Out of all this, we have come up with best standards for most of the different material we will be working with, though these standards will needed to be tweaked here and there for specific items, but importantly, we have a solid starting point from which to do this. This has also helped us to get know the material and create a workflow specifically tailored to that material and the overall project outcome.

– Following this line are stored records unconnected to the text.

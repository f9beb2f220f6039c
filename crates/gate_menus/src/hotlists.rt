//! Hotlists, by keys.
use hotlist::{Hotlist, parse_hotlist};
use key_screen::{Grid, Key};
use mc_text::{Bytes, Path};
use rows_boxes::{keys_of, tell_screen};
use rows_page::{Page, bytes_of, number, repeated, two_fields};
use std::convert::AsStr;
use ui_hotlist::{Addition, HotlistAct, HotlistBox, HotlistRefusal, add_folder};

/// How many lines and columns the screen has.
const LINES: u16 = 9;

const COLUMNS: u16 = 24;

/// Each row with what comes of it.
pub fn tell_rows(page: &mut Page, rows: &str) {
    for row in rows.lines() {
        page.put(row);
        page.put(" =>");
        tell_row(page, row);
        page.put("\n");
    }
}

/// A row has a call, the hotlist's file, and keys, or the folder that is added.
fn tell_row(page: &mut Page, row: &str) {
    let (call, fields) = two_fields(row, '|');
    let (file, words) = two_fields(fields, '|');
    let bytes = bytes_of(page, file);
    match call {
        "grown" => tell_grown(page, number(file), words),
        _ => tell_parsed(page, call, bytes.as_slice(), words),
    }
}

/// What keys come to in a list with so many entries in a group, before which nothing stands in their lines.
fn tell_grown(page: &mut Page, count: usize, words: &str) {
    let entries = repeated(page.alloc(), "ENTRY \"\" URL \"\"\n", count);
    let mut file = Page::new(page.alloc());
    file.put("GROUP \"g\"\n");
    file.put(entries.text());
    file.put("ENDGROUP\n");
    page.need(entries.is_whole() && file.is_whole());
    tell_parsed(page, "keys", file.text().as_bytes(), words);
}

fn tell_parsed(page: &mut Page, call: &str, file: &[u8], words: &str) {
    match parse_hotlist(page.alloc(), file) {
        Ok(list) => tell_call(page, call, list, words),
        Err(_error) => page.fail(),
    }
}

fn tell_call(page: &mut Page, call: &str, list: Hotlist, words: &str) {
    match call {
        "keys" => tell_keys(page, list, words),
        "list" => tell_list(page, list, words),
        "add" => tell_addition(page, list, words),
        _ => page.fail(),
    }
}

/// What each key comes to.
fn tell_keys(page: &mut Page, list: Hotlist, words: &str) {
    let mut shown = HotlistBox::new(page.alloc(), LINES, list);
    work_keys(page, &mut shown, words);
}

/// What the box shows once the keys were worked.
fn tell_list(page: &mut Page, list: Hotlist, words: &str) {
    let mut shown = HotlistBox::new(page.alloc(), LINES, list);
    let mut aside = Page::new(page.alloc());
    work_keys(&mut aside, &mut shown, words);
    page.need(aside.is_whole());
    match Grid::blank(page.alloc(), LINES, COLUMNS) {
        Ok(mut grid) => tell_painted(page, &shown, &mut grid),
        Err(_error) => page.fail(),
    }
}

fn tell_painted(page: &mut Page, shown: &HotlistBox, grid: &mut Grid) {
    let done = shown.paint(page.alloc(), grid);
    page.need(done.is_ok());
    page.put(" ");
    tell_screen(page, grid);
}

fn work_keys(page: &mut Page, shown: &mut HotlistBox, words: &str) {
    let keys = keys_of(page, words);
    for key in &keys {
        tell_key(page, shown, *key);
    }
}

fn tell_key(page: &mut Page, shown: &mut HotlistBox, key: Key) {
    match shown.key(page.alloc(), key) {
        Ok(act) => tell_act(page, &act),
        Err(_error) => page.fail(),
    }
}

fn tell_act(page: &mut Page, act: &HotlistAct) {
    match act {
        HotlistAct::Stays => page.put(" stays"),
        HotlistAct::Leaves => page.put(" shut"),
        HotlistAct::Goes(path) => tell_place(page, path.as_str()),
        HotlistAct::Saves(bytes) => tell_file(page, bytes),
        HotlistAct::Refused(why) => tell_refusal(page, *why),
    }
}

fn tell_place(page: &mut Page, path: &str) {
    page.put(" goes ");
    page.put(path);
}

/// The lines of a file that is to be saved, a bar behind each.
fn tell_file(page: &mut Page, bytes: &Bytes) {
    page.put(" saves ");
    match std::str::from_utf8(bytes.0.as_slice()) {
        Ok(text) => tell_lines(page, text),
        Err(_error) => page.fail(),
    }
}

fn tell_lines(page: &mut Page, text: &str) {
    for line in text.lines() {
        page.put(line);
        page.put("|");
    }
}

fn tell_refusal(page: &mut Page, why: HotlistRefusal) {
    match why {
        HotlistRefusal::BadName => page.put(" bad name"),
        HotlistRefusal::TooLarge => page.put(" too large"),
    }
}

/// What the addition of a folder comes to.
fn tell_addition(page: &mut Page, list: Hotlist, folder: &str) {
    let bytes = bytes_of(page, folder);
    match std::str::from_utf8(bytes.as_slice()) {
        Ok(text) => add_text(page, list, text),
        Err(_error) => page.fail(),
    }
}

fn add_text(page: &mut Page, list: Hotlist, text: &str) {
    match Path::parse(page.alloc(), text) {
        Ok(folder) => add_path(page, list, &folder),
        Err(_error) => page.fail(),
    }
}

fn add_path(page: &mut Page, list: Hotlist, folder: &Path) {
    match add_folder(page.alloc(), list, folder) {
        Ok(Addition::Saves(bytes)) => tell_file(page, &bytes),
        Ok(Addition::Refused(why)) => tell_refusal(page, why),
        Err(_error) => page.fail(),
    }
}
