//! A deletion as it stands.
ghost use Rattle.std.specs.Prelude.{◌≡◌, Some};
ghost use Rattle.mc_text.specs.Routes.{parent_of};
ghost use Rattle.delete_job.specs.Standing.{after_item, at_barrier, begun_walk, is_fresh};

use mc_text::Path;
use std::alloc::Global;
use tree_walk::Walk;

/// How far it is, as its history tells.
#[derive(Clone, Copy, Debug, Drop, PartialEq, Eq)]
pub enum Stage {
    /// Nothing was changed yet.
    Begin,
    /// Something was.
    Going,
    /// Each thing is gone or was left. What was changed is synced.
    Sync,
}

/// What the walk is at.
#[derive(Clone, Copy, Debug, Drop, PartialEq, Eq)]
pub enum Depth {
    /// The thing itself, which may be a folder that isn't open yet.
    Top,
    /// What lies in it, and then its end.
    Inside,
}

/// The deletion of a thing with all that lies in it.
#[derive(Debug, Drop)]
pub struct Deletion {
    pub path: Path,
    pub folder: Path,
    pub stage: Stage,
    pub depth: Depth,
    pub walk: Walk,
}

impl Deletion {
    /// A deletion of the thing at `path`, which lies in `folder`. It takes no memory.
    pub fn new(alloc: Global, path: Path, folder: Path) -> Deletion
        requires holder { parent_of path ≡ Some folder }
        ensures path { result.path ≡ path }
        ensures folder { result.folder ≡ folder }
        ensures begun { result.walk.place ≡ begun_walk }
        ensures stage { result.stage ≡ Stage.Begin }
        ensures depth { result.depth ≡ Depth.Top }
    {
        Deletion {
            path,
            folder,
            stage: Stage::Begin,
            depth: Depth::Top,
            walk: Walk::new(alloc),
        }
    }

    /// Whether nothing was changed yet.
    pub fn is_fresh(&self) -> bool
        ensures { result ≡ is_fresh self.now.stage }
    {
        match self.stage {
            Stage::Begin => true,
            Stage::Going | Stage::Sync => false,
        }
    }

    /// Whether the next call is at a barrier, where nothing can be skipped.
    pub fn is_at_barrier(&self) -> bool
        ensures { result ≡ at_barrier self.now.stage }
    {
        match self.stage {
            Stage::Begin | Stage::Going => false,
            Stage::Sync => true,
        }
    }
}

/// How far it is once a thing was decided: the thing that is deleted is the last.
pub(crate) fn stage_after(stage: Stage, top: &Path, path: &Path) -> Stage
    ensures { result ≡ after_item top.now path.now stage }
{
    if path.same(top) { Stage::Sync } else { stage }
}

It could also be carried forward into future projects, again as a starting point.

We have also now looked at most actual items that have been selected and have notes on how we will approach the capture of each one and the particular parts that we are to capture.

As the e-learning module is one of the key outcomes of the CHARTER project, we have prioritised items selected for the course this will be based on and are now about to embark on the definitive capture of these items.

Project Plan Updated

Following JISC approval to use DSpace instead of Fedora, an updated project plan has been created and can be viewed here. http://projects.exeter.ac.uk/charter/documents.htm

Website Update

The CHARTER website now contains all the minutes and actions from board and team meetings under the ‘Documents’ tab.

CHARTER Project Board

The CHARTER Project Board met for the first time on 10 December 2008. Advice was sought from the Board on topics ranging from the repository software, metadata standards and selection criteria, as well as on longer term outcomes which might arise from the project. The Board includes CHARTER’s institutional sponsor, the academic lead for the project and an expert in technology, heritage and education. Perhaps most importantly, the academic lead for CHARTER again underlined the teaching and learning needs that are driving the project forward.

Update on Repository

Following a meeting of Technical Sub-Group last week, CHARTER will be making the final decision on which repository software to use at its next Project Team meeting (17 December). Ray Burnley is currently scoping fedora and DSpace. Approval will be needed from JISC for any change to the plans submitted. Discussion will also take place at the first Project Board meeting (12 December).

Report from Programme Meeting

I attended the JISC Programme Meeting on 18/19 November in Oxford. The papers presented are now available online at: 
http://www.jisc.ac.uk/whatwedo/programmes/digitisation/events.aspx

These include presentations on Project Management, User Engagement and Web Userbility.

Project Initiation Document

On 29 October 2008, the CHARTER Project Board signed off the Project Initiation Document. Whilst considerable work has been ongoing in the background, this milestone sees formal agreement of the scope and effort required to complete this project. The final PID will be uploaded to the project website when that is fully operational.